Benn sah im Nationalsozialismus eine Möglichkeit zur Stabilität und nationalen Erneuerung. Er sprach von der Vorstellung eines „neuen Menschen“, den Dichter wie er als geistige Führer mitgestalten könnten. Diese anfänglichen positiven Reaktionen führten dazu, dass Benn in die Preußische Akademie der Künste eintrat und dort kurzzeitig eine offizielle Rolle übernahm. Benns Vorstellungen ähneln denen von Rilke und zeigen Parallelen zum staatstheoretischen Denken von Carl Schmitt (1888-1985). Diese Überzeugungen basieren auf der Selbstzuschreibungen des Dichters, des Sehers in Anlehnung an den Glaubenssatz von Friedrich Hölderlin im Gedicht „Andenken“ aus dem Jahre 1803: „Was bleibet aber, stiften die Dichter“. So deutsch, romantisch und doch so abendländisch, oder sollte man sagen, so „westlich“ als Begriff für die „werte-orientierte“ Weltsicht“?

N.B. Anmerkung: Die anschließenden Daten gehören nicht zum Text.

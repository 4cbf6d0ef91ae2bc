//! A worker: a pass of a shared store as an engine of its own, which makes room and keeps the store small.
//!
//! 1. Each call of the engine is one of `worker_calls` on its pass, which has no transaction between two calls, or an
//!    open one, and holds no latch.
//! 2. Turns of the service change no view. A turn takes a leaf only where words that are loaded with no latch don't
//!    tell that there is nothing to do with it: for a turn of merging that it is full, for a sweep that it had no
//!    records when it was last swept and hasn't changed since, or is being changed, so that its commits see to it.
//! 3. A whole view is scanned by several readers at once, which are made of passes that the workers share.
#![tactic(auto)]

pub mod below;
mod engine;
mod idle;
mod idle_passes;
mod leaf_notes;
mod parts;
mod readers;
mod serve;
mod worker;
mod writes;

pub use idle_passes::IdlePasses;
pub use worker::{Home, Worker};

Bei Reiner Kunze liegen die Dinge etwas anders. Wer so wie er durch die Mühlen von SED und Stasi gegangen ist, weiß, dass er im sinnlich Erfahrbaren, in den „Dingen“ und Menschen die Poesie entdecken muss, nicht in den Begriffen auf -ung, -heit und -keit, ja, dass zuweilen der Reim und Enjambement verdächtig sind und so die sprachliche fassbare Welt nicht in sinnlich erfahrbare Verse bringen können.

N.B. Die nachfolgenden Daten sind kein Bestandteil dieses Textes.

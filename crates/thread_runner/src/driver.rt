//! The run with threads.
//!
//! 1. The list of jobs is cut, in its order, into as many blocks as there are workers, and each worker runs
//!    its block, one job after the other.
//! 2. The service takes its turns beside them.
//! 3. Where a job wants memory, it is taken back, and the others go on.
//! 4. The rows of a kernel are read by as many readers as there are workers.

ghost use Rattle.std.specs.Prelude.{◌≡◌, ◌<◌, ◌≤◌, ◌+◌, ◌-◌, ◌^◌, ◌||◌, min, length, true, false, None, OnOk, OnErr};
ghost use Rattle.std.specs.List.{AllZip, AllByRecursion};
ghost use Rattle.std.specs.Thread.{IsSync, IsSend};
ghost use Rattle.graph_model.specs.AccountSteps.{ReadsBy};
ghost use Rattle.job_runner.specs.Progress.{is_over, IsReadyBy};
ghost use Rattle.thread_runner.specs.ByAccount.{RanBy};
ghost use Rattle.thread_runner.specs.Driving.{IsSeat, HasRun, AreClosed, gave_up, some_gave_up, lines_of, in_first};

use crate::over::JobsOver;
use desk_io::Gate;
use graph_model::{Engine, NoMemory, VertexEngine};
use job_runner::Job;
use part_scan::PartScan;
use std::thread::{Threads, join_mut};

/// Runs all jobs to their end on so many workers, and the service beside them.
pub fn run_threads<R: Threads + Sync, E: VertexEngine + PartScan + Send, G: Gate>(
    rt: &R,
    jobs: &mut JobsOver<E>,
    workers: u32,
    gate: &G,
) -> Result<(), NoMemory>
    requires workers { (0 < workers) × (workers ≤ 32) }
    requires ready { AllByRecursion (IsSeat E.account) jobs.old.jobs.items }
    ensures ran { AllZip (HasRun E.account) jobs.old.jobs.items jobs.new.jobs.items }
    ensures ok { OnOk result (some_gave_up jobs.old.jobs.items jobs.new.jobs.items ≡ false) }
    ensures err { OnErr result (some_gave_up jobs.old.jobs.items jobs.new.jobs.items ≡ true) }
    ensures closed { AreClosed E.account jobs.old.jobs.items jobs.old.service
        → AreClosed E.account jobs.new.jobs.items jobs.new.service }
    ensures served { E.served jobs.old.service < 2 ^ 64
        → E.served jobs.new.service ≡ min (E.served jobs.old.service + lines_of jobs.old.jobs.items) (2 ^ 64 - 1) }
    ensures service { ReadsBy (E.account jobs.old.service) (E.account jobs.new.service) }
{
    // The service takes one turn for each, so a run ends although nobody stops it.
    let lines = count_lines(jobs.jobs.as_slice());
    let service = &mut jobs.service;
    let seats = jobs.jobs.as_mut_slice();
    if run_beside(rt, service, lines, seats, workers, gate) {
        Err(NoMemory)
    } else {
        Ok(())
    }
}

/// How many lines the scripts have, up to the last number.
fn count_lines<E>(seats: &[(Job, E)]) -> u64
    ensures { result ≡ min (lines_of seats.now) (2 ^ 64 - 1) }
{
    match seats {
        [] => 0,
        // No script has as many lines, but no bound says so; a lesser number of turns would do as well.
        [seat, rest @ ..] => (seat.0.lines() as u64).saturating_add(count_lines(rest)),
    }
}

/// The service in a thread of its own, and the jobs.
fn run_beside<R: Threads + Sync, E: VertexEngine + PartScan + Send, G: Gate>(
    rt: &R,
    service: &mut E,
    turns: u64,
    seats: &mut [(Job, E)],
    workers: u32,
    gate: &G,
) -> bool
    requires workers { (0 < workers) × (workers ≤ 32) }
    requires ready { AllByRecursion (IsSeat E.account) seats.old }
    ensures ran { AllZip (HasRun E.account) seats.old seats.new }
    ensures wanted { result ≡ some_gave_up seats.old seats.new }
    ensures served { E.served service.old < 2 ^ 64
        → E.served service.new ≡ min (E.served service.old + turns) (2 ^ 64 - 1) }
    ensures service { ReadsBy (E.account service.old) (E.account service.new) }
{
    // Joined, so that both have let go of the store before the caller takes it apart.
    let ((), wanted) = join_mut(
        rt,
        &mut ||
            ensures { (E.served service.entry.now < 2 ^ 64
                → E.served service.exit.now ≡ min (E.served service.entry.now + turns) (2 ^ 64 - 1))
                × ReadsBy (E.account service.entry.now) (E.account service.exit.now) }
        { serve(rt, service, turns) },
        &mut || -> bool
            requires { IsSync R.row × IsSend E.row × IsSync G.row × (0 < workers) × (workers ≤ 32)
                × AllByRecursion (IsSeat E.account) seats.now }
            ensures { AllZip (HasRun E.account) seats.entry.now seats.exit.now
                × (result ≡ some_gave_up seats.entry.now seats.exit.now) }
        { run_blocks(rt, seats, workers, workers, gate) },
    );
    wanted
}

/// Takes so many turns of the service. One that is refused memory has changed nothing.
fn serve<R: Threads, E: Engine>(_rt: &R, engine: &mut E, turns: u64)
    ensures served { E.served engine.old < 2 ^ 64
        → E.served engine.new ≡ min (E.served engine.old + turns) (2 ^ 64 - 1) }
    ensures account { ReadsBy (E.account engine.old) (E.account engine.new) }
{
    'turns: for _taken in 0..turns {
        // One that is refused memory has changed nothing, and the next one tries again.
        let _ = engine.service_step();
    }
}

/// Cuts the jobs into blocks, and runs these side by side.
#[cycle(blocks)]
fn run_blocks<R: Threads + Sync, E: VertexEngine + PartScan + Send, G: Gate>(
    rt: &R,
    seats: &mut [(Job, E)],
    workers: u32,
    readers: u32,
    gate: &G,
) -> bool
    requires workers { 0 < workers }
    requires readers { (0 < readers) × (readers ≤ 32) }
    requires ready { AllByRecursion (IsSeat E.account) seats.old }
    ensures ran { AllZip (HasRun E.account) seats.old seats.new }
    ensures wanted { result ≡ some_gave_up seats.old seats.new }
{
    // Cut by workers and not by jobs: a block may be empty, and is one thread all the same.
    if workers == 1 {
        return run_block(rt, seats, readers, gate);
    }
    let first = workers / 2;
    let (front, back) = seats.split_at_mut(jobs_in_first(seats.len(), workers, first));
    both_parts(rt, front, first, back, workers - first, readers, gate)
}

/// Runs the first blocks and the others side by side.
#[cycle(blocks)]
fn both_parts<R: Threads + Sync, E: VertexEngine + PartScan + Send, G: Gate>(
    rt: &R,
    front: &mut [(Job, E)],
    first: u32,
    back: &mut [(Job, E)],
    others: u32,
    readers: u32,
    gate: &G,
) -> bool
    requires first { 0 < first }
    requires others { 0 < others }
    requires readers { (0 < readers) × (readers ≤ 32) }
    requires cut { length front.old ≡ in_first (length front.old + length back.old) (first + others) first }
    requires front { AllByRecursion (IsSeat E.account) front.old }
    requires back { AllByRecursion (IsSeat E.account) back.old }
    ensures front { AllZip (HasRun E.account) front.old front.new }
    ensures back { AllZip (HasRun E.account) back.old back.new }
    ensures wanted { result ≡ (some_gave_up front.old front.new || some_gave_up back.old back.new) }
{
    // Each closure borrows what it names, so each has a number of its own.
    let front_readers = readers;
    let back_readers = readers;
    let mut left = || -> bool
        requires { IsSync R.row × IsSend E.row × IsSync G.row × (0 < first)
            × (0 < front_readers) × (front_readers ≤ 32) × AllByRecursion (IsSeat E.account) front.now }
        ensures { AllZip (HasRun E.account) front.entry.now front.exit.now
            × (result ≡ some_gave_up front.entry.now front.exit.now) }
    { run_blocks(rt, front, first, front_readers, gate) };
    let mut right = || -> bool
        requires { IsSync R.row × IsSend E.row × IsSync G.row × (0 < others)
            × (0 < back_readers) × (back_readers ≤ 32) × AllByRecursion (IsSeat E.account) back.now }
        ensures { AllZip (HasRun E.account) back.entry.now back.exit.now
            × (result ≡ some_gave_up back.entry.now back.exit.now) }
    { run_blocks(rt, back, others, back_readers, gate) };
    // Both, also where the first ran out of memory: each job ends by itself, and takes its transaction back.
    let (a, b) = join_mut(rt, &mut left, &mut right);
    a || b
}

/// How many jobs the first blocks have.
fn jobs_in_first(jobs: usize, workers: u32, first: u32) -> usize
    requires { (0 < workers) × (first ≤ workers) }
    ensures is { result ≡ in_first jobs workers first }
    ensures inside { result ≤ jobs }
{
    let blocks = workers as usize;
    let first = first as usize;
    jobs / blocks * first + (jobs % blocks).min(first)
}

/// Runs a block of jobs, one after the other. Answers whether memory ran out.
fn run_block<R: Threads + Sync, E: VertexEngine + PartScan, G: Gate>(
    rt: &R,
    seats: &mut [(Job, E)],
    readers: u32,
    gate: &G,
) -> bool
    requires readers { (0 < readers) × (readers ≤ 32) }
    requires ready { AllByRecursion (IsSeat E.account) seats.old }
    ensures ran { AllZip (HasRun E.account) seats.old seats.new }
    ensures wanted { result ≡ some_gave_up seats.old seats.new }
{
    let mut wanted = false;
    'seats: for seat in seats.iter_mut() {
        if run_seat(rt, seat, readers, gate) {
            wanted = true;
        }
    }
    wanted
}

/// Runs a job on its engine. Answers whether memory ran out.
fn run_seat<R: Threads + Sync, E: VertexEngine + PartScan, G: Gate>(
    rt: &R,
    seat: &mut (Job, E),
    readers: u32,
    gate: &G,
) -> bool
    requires readers { (0 < readers) × (readers ≤ 32) }
    requires ready { IsSeat E.account seat.old }
    ensures ran { HasRun E.account seat.old seat.new }
    ensures wanted { result ≡ gave_up seat.old.0 seat.new.0 }
{
    run_job(rt, &mut seat.0, &mut seat.1, readers, gate)
}

/// Takes turns of a job until it has ended. Answers whether memory ran out.
fn run_job<R: Threads + Sync, E: VertexEngine + PartScan, G: Gate>(
    rt: &R,
    job: &mut Job,
    engine: &mut E,
    readers: u32,
    gate: &G,
) -> bool
    requires readers { (0 < readers) × (readers ≤ 32) }
    requires ready { is_over job.old ≡ false → IsReadyBy (E.account engine.old) job.old }
    ensures ran { RanBy (E.account engine.old) job.old job.new (E.account engine.new) }
    ensures over { is_over job.new ≡ true }
    ensures pass { (E.account engine.new).job ≡ (E.account engine.old).job }
    ensures closed { is_over job.old ≡ false → (E.account engine.new).start ≡ None }
    ensures wanted { result ≡ gave_up job.old job.new }
{
    // A job may come that had given up before, which is not told of this run.
    let before = job.has_given_up();
    let mut turn: u64 = 0;
    'turns: while !job.has_ended() {
        // Before the turn, where the job holds nothing: a gate may wait.
        gate.turn(job.number(), turn);
        // A gate is told a number and nothing rests on it, so the last one may stay.
        turn = turn.saturating_add(1);
        let _ = job.turn_parts(rt, engine, readers);
    }
    !before && job.has_given_up()
}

Diktatoren (auch Trump, Putin, Xi) dulden nichts, keinen Widerspruch, kein Gedicht. Sie sind sich selbst Maß und Welt.
Was Dichter leisten können, sagt Kunze trotz seines hochmütigen Verses, indem er den Ort angibt, welcher dem Dichter gehört, wo er hineinhört, nämlich „in ihrem winzigen reich dem freien vers“. In Kleinschreibung und so die Freiheit verteidigend. Denn der freie Vers macht das Gedicht, das bleibt.

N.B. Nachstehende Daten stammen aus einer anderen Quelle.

//! What crates above name of crates that they don't list.

pub use worker_calls::below::{
    CellRoute, Closed, LoadedRefusal, Pass, Passes, Store, SweepKey, Tried, TriedRun,
    VersionSegment, close, let_go, loaded, loaded_by_threads, meet, new, route, sweep_step,
    try_has_vertex, try_run,
};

Ich habe in meinem Bücherschrank das originale „Buch der Bilder” mit einer bemerkenswerten Widmung von Rilke, nämlich an Elly Ney (1882-1968), wo steht:
„Elly Ney
page12
dankbar und freundschaftlich
R.M.
Rilke 1916“
Und was steht auf Seite 12? Im Gedicht „Von den Mädchen“ heißt es in der dritten Strophe
„Aus ihrem Leben geht jede Türe
in einen Dichter
und in die Welt“
Rilke hat diese drei Zeilen angestrichen und „Elly Ney“ hingeschrieben und im Text verbessert „Aus Ihrem Leben…“ sowie drei Punkte hinter „und in die Welt...“ angefügt. Elly Ney war eine Klavierspielerin von Rang, aber tief mit dem NS-Staat verbunden. Das war 1916 so noch nicht möglich.
Rilke spielt mit ihr durch die Widmung, denn das Gedicht endet mit dem Vers „Keine darf sich je dem Dichter schenken“.
So was finde ich eher zuckrig und selbstinszenierend denn anziehend: Wenn schon keine Fürstin, dann eben eine Pianistin – , die er von sich weisen und ihr mit seinem Dichtertum die Grenzen zeigen kann.
Der Dichter als Hoher Priester. Da liegt die Verwandlung zum Diktator, der im Gewand des Sprechers über die Welten und Meere geht, nahe.